# Best Cam under 15-18k



## krish_techie (Oct 10, 2013)

Hi Friends,

i'm looking for a good point and shoot cam under 15-18k(max). Can you please suggest me something that can take good pictures in low light especially night shots.If possible full HD (1080p)video recording too.

i'm not a professional photographer ..but still i want my photographs to be awesome  .

Please suugest even if the cost is 20k.

Thanks in advance


----------



## nac (Oct 11, 2013)

Good low light capable point and shoot???

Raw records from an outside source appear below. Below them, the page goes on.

ghost use Rattle.std.specs.Prelude.{◌≡◌, ℕ, ◌+◌, ◌*◌, ◌/◌, ◌%◌, ◌^◌, ◌<◌, ◌≤◌, ◌≢◌, length, slice_index};
ghost use Rattle.std.specs.Int.{bit_at};
ghost use Rattle.equation_core.specs.declared.hash.TheConstants.{MAX_PLANES};
ghost use Rattle.ribbon_core.specs.Bands.{AreBanded, IsPivot, column_before, columns_from, solution_from};
ghost use Rattle.ribbon_core.specs.PlaneWords.{kept_plane, kept_word};

use crate::places::place;

// Writes the least solution of each plane, word by word from the last: all planes in one pass over the coefficients.
pub fn solve_planes(coeffs: &[u128], targets: &[u16], planes: u8, width: usize, words: &mut [u64])
    requires planes { planes ≤ MAX_PLANES }
    requires bands { AreBanded coeffs.now targets.now planes }
    requires width { width ≡ (length coeffs.now + 63) / 64 }
    requires room { planes * width ≤ length words.old }
    ensures { (plane : ℕ) → plane < planes
        → kept_plane words.new planes width plane ≡ solution_from plane coeffs.now targets.now 0 (length coeffs.now) }
{
    let mut windows = [0u128; 16];
    for i in (0..width).rev() {
        let from = 64 * i;
        let to = coeffs.len().min(from + 64);
        columns_down(coeffs, targets, planes, from, to, &mut windows);
        write_words(&windows, planes, width, i, words);
    }
}

// Of each plane the 128 columns from `from` on, given those from `to` on.
fn columns_down(
    coeffs: &[u128],
    targets: &[u16],
    planes: u8,
    from: usize,
    to: usize,
    windows: &mut [u128],
)
    requires planes { planes ≤ MAX_PLANES }
    requires room { planes ≤ length windows.old }
    requires bands { AreBanded coeffs.now targets.now planes }
    requires order { from ≤ to }
    requires end { to ≤ length coeffs.now }
    requires above { (plane : ℕ) → plane < planes → slice_index windows.old plane ≡ columns_from plane coeffs.now targets.now to % 2 ^ 128 }
    ensures { (plane : ℕ) → plane < planes → slice_index windows.new plane ≡ columns_from plane coeffs.now targets.now from % 2 ^ 128 }
{
    for at in (from..to).rev() {
        column_down(coeffs[at], targets[at], planes, windows);
    }
}

// Of each plane the 128 columns from one on, given those from the next on.
fn column_down(coeff: u128, target: u16, planes: u8, windows: &mut [u128])
    requires planes { planes ≤ MAX_PLANES }
    requires room { planes ≤ length windows.old }
    requires pivot { IsPivot coeff target }
    ensures { (plane : ℕ) → plane < planes → (h : ℕ) → slice_index windows.old plane ≡ h % 2 ^ 128
        → slice_index windows.new plane ≡ column_before coeff (bit_at target plane) h % 2 ^ 128 }
{
    for plane in 0..planes {
        let place = plane as usize;
        windows[place] = column(coeff, target, plane, windows[place]);
    }
}

fn column(coeff: u128, target: u16, plane: u8, window: u128) -> u128
    requires plane { plane < MAX_PLANES }
    requires pivot { IsPivot coeff target }
    ensures { (h : ℕ) → window ≡ h % 2 ^ 128 → result ≡ column_before coeff (bit_at target plane) h % 2 ^ 128 }
{
    let above = window << 1;
    let ones = (coeff & above).count_ones();
    let bit = (ones ^ u32::from(target >> plane)) & 1;
    above | u128::from(bit)
}

// Writes word `i` of each plane.
fn write_words(windows: &[u128], planes: u8, width: usize, i: usize, words: &mut [u64])
    requires planes { planes ≤ length windows.now }
    requires room { planes * width ≤ length words.old }
    requires word { i < width }
    ensures written { (plane : ℕ) → plane < planes → kept_word words.new planes plane i ≡ slice_index windows.now plane % 2 ^ 64 }
    ensures others { (plane k : ℕ) → plane < planes → k ≢ i → kept_word words.new planes plane k ≡ kept_word words.old planes plane k }
{
    for plane in 0..planes {
        let word = (windows[plane as usize] & 0xffff_ffff_ffff_ffff) as u64;
        words[place(planes, plane, i)] = word;
    }
}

Can you please little more specific about the camera you are looking for? Follow my the link my signature and fill in what you can understand...


----------



## arvindrao15 (Oct 11, 2013)

there are a lot many cameras available in your specified budget and the requirements that you have mentioned. so please elaborate more on what kind of camera you want


----------



## krish_techie (Oct 13, 2013)

Guys there is no particular requirements ...i need the best cam under in 15-20k range. I mostly use the cam for taking pictures in night at parties ... and some normal pics with friends ...which will be the best one for my purpose


----------



## nac (Oct 13, 2013)

Get FZ60

+ It is widely available than SX240/260 and TZ30
+ It does have VF
+ Larger aperture
+ More zoom
+ Better video controls than TZ30 and SX260
+ Better flash reach
+ Better battery life

- No GPS
- No Touch
- Bulky and heavier
- 4 sec longest exposure


----------



## krish_techie (Oct 13, 2013)

How about this 

Sony CyberShot DSC-WX300 Point & Shoot - Sony: Flipkart.com

or this

Sony Cyber-shot DSC-HX10V Point & Shoot - Sony: Flipkart.com

does FZ60 has all the features from the above two cams ??


----------



## nac (Oct 14, 2013)

I wouldn't spend this much money for a point and shoot (WX300) which doesn't even have manual exposure control.
HX10V - There are better models in the same budget.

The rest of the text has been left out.